A Lexicon-Corpus-based Unsupervised Chinese Word Segmentation Approach
Publicado en línea: 01 mar 2014
Páginas: 263 - 282
DOI: https://doi.org/10.21307/ijssis-2017-655
Palabras clave
© 2014 Lu Pengyu et al., published by Sciendo
This work is licensed under the Creative Commons Attribution-NonCommercial-NoDerivatives 4.0 International License.
This paper presents a Lexicon-Corpus-based Unsupervised (LCU) Chinese word segmentation approach to improve the Chinese word segmentation result.

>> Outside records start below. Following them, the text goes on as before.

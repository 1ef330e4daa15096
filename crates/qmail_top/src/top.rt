// The one public call.
ghost use Rattle.std.specs.Prelude.{◌≡◌, ◌≢◌, ◌⊎◌, ◌++◌, ◌∷◌, [], List, ℕ, true, Contains, None, length, ◌<◌, map, string_bytes};
ghost use Rattle.mail_bytes.specs.Told.{Rose, Meets, OnTold};
ghost use Rattle.command_words.specs.declared.command.LocalWords.{LocalWords as Told};
ghost use Rattle.command_words.specs.declared.command.MakeWords.{MakeWords as Makes};
ghost use Rattle.command_words.specs.declared.command.QmqpdWords.{QmqpdWords as Receives};
ghost use Rattle.command_words.specs.declared.command.QueueWords.{QueueWords as Wanted};
ghost use Rattle.command_words.specs.declared.command.RspawnWords.{RspawnWords as Spawns};
ghost use Rattle.command_words.specs.declared.command.SendWords.{SendWords as Sends};
ghost use Rattle.command_words.specs.Reads.{IsNoCommand};
ghost use Rattle.script_lines.specs.Contents.{Content};
ghost use Rattle.script_lines.specs.Lines.{IsScript, IsRefused, most_bytes};
ghost use Rattle.scenario.specs.Text.{HasFewDeeds, IsTakenText, PrintsBadLine};
ghost use Rattle.audit_command.specs.Audited.{HasAudited};
ghost use Rattle.program_runner.specs.Members.{uncounted};
ghost use Rattle.qmail_top.specs.Families.{HasNoChannels, HasSent, IsDelivery, IsLocal, IsLspawn, IsParent, IsRspawn, IsSend, IsSender, IsSpawner, WasDelivery, WasLspawned, WasRspawned};
ghost use Rattle.qmail_top.specs.Making.{HasMade, IsMake, IsMaker};
ghost use Rattle.qmail_top.specs.SafePlays.{IsSafePrefixAtMost, PrintsSafely};
ghost use Rattle.qmail_top.specs.Works.{IsWork, WasWorked};
ghost use Rattle.qmail_top.specs.Command.{IsPlay, IsPrintedAtEnd, IsQueue, IsAudit, IsClean, IsQmqpd, HasRunQmqpd, HasRunQueue, NoneFailed, WasCleaned, usage_line};

use crate::alone::qmail_alone;
use crate::work_command::work_script;
use call_fs::CallFs;
use command_words::{WordsError, threads_told};
use outside::{Clock, Gate, Posts, Sink, Source, Spawner};
use queue_limits::{DONE, INPUT, MALFORMED, MEMORY, OUTPUT, USAGE};
use std::alloc::Global;
use std::sync::Wait;
use std::thread::Threads;
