/// Makes the delivery of the command `local`.
fn deliver_message<D: CallFs, M: Source, O: Sink, K: Clock, P: Posts, S: Spawner, G: Gate>(
    alloc: Global,
    told: LocalWords,
    disk: &mut D,
    message: &mut M,
    out: &mut O,
    clock: &mut K,
    posts: &mut P,
    spawn: &mut S,
    gate: &G,
) -> u8
    ensures { WasDelivered (words_of (dir_word told.dir) []) (local_args told.words told.uid (K.pid clock.old))
        (record { disk = D.disk disk.old; calls = D.calls disk.old; disk_faults = D.faults disk.old; moments = K.calls clock.old; last = K.last clock.old; left = M.left message.old; input_faults = M.faults message.old; taken = O.taken out.old; output_faults = O.faults out.old })
        (record { disk = D.disk disk.new; calls = D.calls disk.new; disk_faults = D.faults disk.new; moments = K.calls clock.new; last = K.last clock.new; left = M.left message.new; input_faults = M.faults message.new; taken = O.taken out.new; output_faults = O.faults out.new })
        (record { posts = record { waiting = P.waiting posts.old; asked = P.calls posts.old; faults = P.faults posts.old }; spawner = record { children = S.children spawn.old; calls = S.calls spawn.old; faults = S.faults spawn.old } })
        (record { posts = record { waiting = P.waiting posts.new; asked = P.calls posts.new; faults = P.faults posts.new }; spawner = record { children = S.children spawn.new; calls = S.calls spawn.new; faults = S.faults spawn.new } })
        result }
{
    let LocalWords { dir, words, uid } = told;
    deliver(
        alloc,
        dir.as_slice(),
        words,
        uid,
        disk,
        message,
        out,
        clock,
        posts,
        spawn,
        gate,
    )
}
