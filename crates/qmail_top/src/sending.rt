// The command `send`.
ghost use Rattle.std.specs.Prelude.{None};
ghost use Rattle.program_runner.specs.ChildWords.{dir_word};
ghost use Rattle.program_runner.specs.Lines.{LineState};
ghost use Rattle.program_runner.specs.Members.{uncounted};
ghost use Rattle.send_command.specs.Sent.{WasSent, no_lines};

use call_fs::CallFs;
use command_words::SendWords;
use outside::{Clock, Gate, Posts, Sink, Spawner};
use send_command::send;
use std::alloc::Global;

/// Is the sender that the words of `send` tell.
pub fn be_sender<D: CallFs, L: Sink, K: Clock, P: Posts, S: Spawner, G: Gate>(
    alloc: Global,
    told: SendWords,
    disk: &mut D,
    log: &mut L,
    clock: &mut K,
    posts: &mut P,
    spawn: &mut S,
    gate: &G,
) -> u8
    ensures { (lines : LineState) × WasSent (dir_word told.dir) told.program told.turns result
        (record { disk = D.disk disk.old; calls = D.calls disk.old; disk_faults = D.faults disk.old; moments = None; last = K.last clock.old; left = None; input_faults = uncounted; taken = None; output_faults = 0 })
        (record { disk = D.disk disk.new; calls = D.calls disk.new; disk_faults = D.faults disk.new; moments = None; last = K.last clock.new; left = None; input_faults = uncounted; taken = None; output_faults = 0 })
        (record { moments = K.calls clock.old; posts = record { waiting = P.waiting posts.old; asked = P.calls posts.old; faults = P.faults posts.old }; spawner = record { children = S.children spawn.old; calls = S.calls spawn.old; faults = S.faults spawn.old }; lines = no_lines })
        (record { moments = K.calls clock.new; posts = record { waiting = P.waiting posts.new; asked = P.calls posts.new; faults = P.faults posts.new }; spawner = record { children = S.children spawn.new; calls = S.calls spawn.new; faults = S.faults spawn.new }; lines = lines })
        (record { taken = L.taken log.old; faults = L.faults log.old })
        (record { taken = L.taken log.new; faults = L.faults log.new }) }
{
    let SendWords {
        dir,
        program,
        turns,
    } = told;
    send(
        alloc,
        dir.as_slice(),
        program.as_slice(),
        turns,
        disk,
        log,
        clock,
        posts,
        spawn,
        gate,
    )
}
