// What follows of words, and of turns and histories of `work`, alone.
ghost use Rattle.std.specs.Prelude.{◌≡◌, ◌≢◌, ◌<◌, ◌^◌, ◌∷◌, List, [], ℕ, None, Some, Result, true, false, drop, map};
ghost use Rattle.std.specs.List.{list_all, list_any};
ghost use Rattle.call_fs.specs.Disk.{Disk};
ghost use Rattle.call_fs.specs.Plan.{Plan};
ghost use Rattle.call_fs.specs.declared.past.ChildData.TheVariants.{Bounce, Forward, Local};
ghost use Rattle.call_fs.specs.declared.past.DeliveryWordsData.{DeliveryWordsData};
ghost use Rattle.crash_fs.specs.Crash.{Crash, crash_disk, crash_plan};
ghost use Rattle.yard_lock.specs.declared.turn.Turn.{Turn};
ghost use Rattle.yard_lock.specs.Turns.{Replay};
ghost use Rattle.world_events.specs.declared.answers.WorldError.{WorldError as Refused};
ghost use Rattle.world_events.specs.declared.answers.Did.{Did};
ghost use Rattle.mail_world.specs.Moves.{moves};
ghost use Rattle.mail_world.specs.World.{Seen};
ghost use Rattle.script_words.specs.declared.entry.Entry.{Entry};
ghost use Rattle.script_lines.specs.declared.line.Line.{Line};
ghost use Rattle.scenario.specs.Deeds.{Deed, history_of};
ghost use Rattle.scenario.specs.Playing.{IsPlaying};
ghost use Rattle.scenario.specs.Working.{HasWorked, IsWorked, deeds_of, is_quiet, lacked_memory};
ghost use Rattle.command_words.specs.Delivery.{HasBytes};
ghost use Rattle.command_words.specs.Reads.{IsNoOption, Reads, command_of};
ghost use Rattle.command_words.specs.declared.command.Command.TheVariants.{Clean, Lspawn, Queue, Rspawn, Local as Delivers};
ghost use Rattle.program_runner.specs.ChildWords.{dir_word, words_of};
ghost use Rattle.send_command.specs.Links.{link_words};

/// The words by which a program of the queue in `dir` starts this same program, after the first of them, which stands for it,
/// are the command that it means: a local delivery with its words and the user's number, the injector of a forward or of a
/// bounce, and a sender's cleaner and spawners. The conditions: the words of the delivery are bytes, and the number is a u32; the
/// program for remote recipients isn't empty and doesn't begin with `-`.
pub fn children_are_commands()
    ensures delivery { (dir : List ℕ) (slot : ℕ) (d : DeliveryWordsData) (n : ℕ) → HasBytes d → n < 2 ^ 32
        → Reads (drop 1 (words_of (dir_word dir) [] (Local slot d n))) (Delivers (record { dir = dir_word dir; words = d; uid = n })) }
    ensures forward { (dir : List ℕ) (n room : ℕ) → n < 2 ^ 32
        → Reads (drop 1 (words_of (dir_word dir) [] (Forward n room)))
        (Queue (record { env = None; dir = dir_word dir; uid = n; bounce = false })) }
    ensures bounce { (dir : List ℕ) (room : ℕ)
        → Reads (drop 1 (words_of (dir_word dir) [] (Bounce room)))
        (Queue (record { env = None; dir = dir_word dir; uid = 0; bounce = true })) }
    ensures links { (dir program : List ℕ) → IsNoOption program → program ≢ []
        → map (λ words. command_of (drop 1 words)) (link_words (dir_word dir) program)
        ≡ Some (Clean (dir_word dir)) ∷ Some (Lspawn (dir_word dir)) ∷ Some (Rspawn (record { dir = dir_word dir; program = program })) ∷ [] }
{}

/// Turns of a world in which a script is played are steps of the play, in their order, if no call found no memory. A turn that was refused
/// is none.
pub fn turns_are_steps()
    ensures { (d : Disk) (plan : Plan) (h : List Deed) (old new : Seen Crash) (turns : List (Turn (List ℕ) (Result Did Refused)))
        → IsPlaying d old plan h → Replay (moves crash_plan (λ disk. Some (crash_disk disk))) old turns new
        → list_any lacked_memory new.events ≡ false → HasWorked d new plan h }
{}

/// In what `work` does no moment, stop or machine stop comes, and nothing fails.
pub fn work_is_quiet()
    ensures { (opening : List Entry) (lines : List Line) (text : List ℕ) (p : IsWorked opening lines text)
        → list_all is_quiet (history_of (deeds_of opening lines text p)) ≡ true }
{}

Specifically, it combines advantages of lexicon-based approach and Corpus-based approach to identify out-of-vocabulary (OOV) words and guarantee segmentation consistency of the actual words in texts as well. In addition, a Forward Maximum Fixed-count Segmentation (FMFS) algorithm is developed to identify phrases in texts at first. Detailed rules and experiment results of LCU are presented, too. Compared with lexicon-based approach or corpus-based approach, LCU approach makes a great improvement in Chinese word segmentation, especially for identifying n-char words. And also, two evaluation indexes are proposed to describe the effectiveness in extracting phrases, one is segmentation rate (S), and the other is segmentation consistency degree (D).